All records are to be printed exactly as they appear.

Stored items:
**********

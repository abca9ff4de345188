//! Which arguments of a symbol's translation tell the members for its parameters.

ghost use Rattle.std.specs.Prelude.{◌≡◌, ◌<◌, ◌≤◌, ℕ, map, length, cond, get_or, IfOk};
ghost use Rattle.tf_naked.specs.Covers.{argument_parameters, is_parameter, parameter_of};
ghost use Rattle.enc_marks.specs.Choices.{kept_types};
ghost use Rattle.enc_models.specs.Calls.Sources.{cover_from, sources};

use crate::kept::{count_kept, kept_of};
use enc_base::{List, NoMemory};
use enc_marks::TypeArguments;
use std::alloc::Global;
use tf_core::{Symbol, Ty};

/// The sources of each symbol's parameters. It takes time in proportion to the symbols' arguments
/// and parameters.
pub(crate) fn sources_of_symbols(
    alloc: Global,
    keeps: TypeArguments,
    symbols: &[Symbol],
) -> Result<List<List<usize>>, NoMemory>
    ensures { IfOk result (λ all. all
        ≡ map (λ symbol. sources (kept_types keeps symbol) symbol) symbols.now) }
{
    let mut all = List::new(alloc);
    for symbol in symbols {
        let kept = kept_of(alloc, keeps, symbol)?;
        all.push(sources_of_symbol(alloc, kept.as_slice(), symbol)?)?;
    }
    Ok(all)
}

// For each parameter of a symbol, of which these are kept, the place of the argument that tells its
// member: of its type argument, or of the argument at its cover.
fn sources_of_symbol(alloc: Global, kept: &[bool], symbol: &Symbol) -> Result<List<usize>, NoMemory>
    ensures { IfOk result (λ found. found ≡ sources kept.now symbol.now) }
{
    let covers = covers_of_symbol(alloc, symbol, kept.len(), count_kept(kept))?;
    let mut sources = List::new(alloc);
    let mut next = 0usize;
    for (parameter, is_kept) in kept.iter().enumerate() {
        if *is_kept {
            sources.push(next)?;
            next += 1;
        } else {
            sources.push(covers[parameter])?;
        }
    }
    Ok(sources)
}

// Of so many parameters, the place of the argument at each one's cover, where the arguments begin
// here. Those of a parameter are met from the last to the first, which stays.
fn covers_of_symbol(
    alloc: Global,
    symbol: &Symbol,
    count: usize,
    first: usize,
) -> Result<Vec<usize>, NoMemory>
    requires few { first ≤ count }
    ensures long { IfOk result (λ covers. length covers.items ≡ count) }
    ensures each { IfOk result (λ covers. (parameter : ℕ) → parameter < count →
        get_or covers.items parameter 0
        ≡ cover_from parameter first (argument_parameters symbol.now)) }
{
    let mut covers = vec![in alloc; 0usize; count]?;
    let arguments = symbol.arguments.as_slice();
    let mut left = arguments.len();
    while left > 0 {
        left -= 1;
        note_cover(&mut covers, &arguments[left], first + left);
    }
    Ok(covers)
}

// notes the place of an argument at the parameter that its type is
fn note_cover(covers: &mut Vec<usize>, ty: &Ty, place: usize)
    ensures long { length covers.new.items ≡ length covers.old.items }
    ensures each { (parameter : ℕ) → parameter < length covers.old.items →
        get_or covers.new.items parameter 0
        ≡ cond (is_parameter parameter (parameter_of ty.now)) place
        (get_or covers.old.items parameter 0) }
{
    match ty {
        Ty::Var(i) => {
            let parameter = *i as usize;
            if parameter < covers.len() {
                covers[parameter] = place;
            }
        }
        Ty::Apply(_, _) => {}
    }
}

**********

### [RESULT OF THIS EXERCISE]
repository abca9ff4de345188
//! Which arguments of a symbol's translation tell the members for its parameters.

ghost use Rattle.std.specs.Prelude.{◌≡◌, ◌<◌, ◌≤◌, ℕ, map, length, cond, get_or, IfOk};
ghost use Rattle.tf_naked.specs.Covers.{argument_parameters, is_parameter, parameter_of};
ghost use Rattle.enc_marks.specs.Choices.{kept_types};
ghost use Rattle.enc_models.specs.Calls.Sources.{cover_from, sources};

use crate::kept::{count_kept, kept_of};
use enc_base::{List, NoMemory};
use enc_marks::TypeArguments;
use std::alloc::Global;
use tf_core::{Symbol, Ty};

/// The sources of each symbol's parameters. It takes time in proportion to the symbols' arguments
/// and parameters.
pub(crate) fn sources_of_symbols(
    alloc: Global,
    keeps: TypeArguments,
    symbols: &[Symbol],
) -> Result<List<List<usize>>, NoMemory>
    ensures { IfOk result (λ all. all
        ≡ map (λ symbol. sources (kept_types keeps symbol) symbol) symbols.now) }
{
    let mut all = List::new(alloc);
    for symbol in symbols {
        let kept = kept_of(alloc, keeps, symbol)?;
        all.push(sources_of_symbol(alloc, kept.as_slice(), symbol)?)?;
    }
    Ok(all)
}

// For each parameter of a symbol, of which these are kept, the place of the argument that tells its
// member: of its type argument, or of the argument at its cover.
fn sources_of_symbol(alloc: Global, kept: &[bool], symbol: &Symbol) -> Result<List<usize>, NoMemory>
    ensures { IfOk result (λ found. found ≡ sources kept.now symbol.now) }
{
    let covers = covers_of_symbol(alloc, symbol, kept.len(), count_kept(kept))?;
    let mut sources = List::new(alloc);
    let mut next = 0usize;
    for (parameter, is_kept) in kept.iter().enumerate() {
        if *is_kept {
            sources.push(next)?;
            next += 1;
        } else {
            sources.push(covers[parameter])?;
        }
    }
    Ok(sources)
}

// Of so many parameters, the place of the argument at each one's cover, where the arguments begin
// here. Those of a parameter are met from the last to the first, which stays.
fn covers_of_symbol(
    alloc: Global,
    symbol: &Symbol,
    count: usize,
    first: usize,
) -> Result<Vec<usize>, NoMemory>
    requires few { first ≤ count }
    ensures long { IfOk result (λ covers. length covers.items ≡ count) }
    ensures each { IfOk result (λ covers. (parameter : ℕ) → parameter < count →
        get_or covers.items parameter 0
        ≡ cover_from parameter first (argument_parameters symbol.now)) }
{
    let mut covers = vec![in alloc; 0usize; count]?;
    let arguments = symbol.arguments.as_slice();
    let mut left = arguments.len();
    while left > 0 {
        left -= 1;
        note_cover(&mut covers, &arguments[left], first + left);
    }
    Ok(covers)
}

// notes the place of an argument at the parameter that its type is
fn note_cover(covers: &mut Vec<usize>, ty: &Ty, place: usize)
    ensures long { length covers.new.items ≡ length covers.old.items }
    ensures each { (parameter : ℕ) → parameter < length covers.old.items →
        get_or covers.new.items parameter 0
        ≡ cond (is_parameter parameter (parameter_of ty.now)) place
        (get_or covers.old.items parameter 0) }
{
    match ty {
        Ty::Var(i) => {
            let parameter = *i as usize;
            if parameter < covers.len() {
                covers[parameter] = place;
            }
        }
        Ty::Apply(_, _) => {}
    }
}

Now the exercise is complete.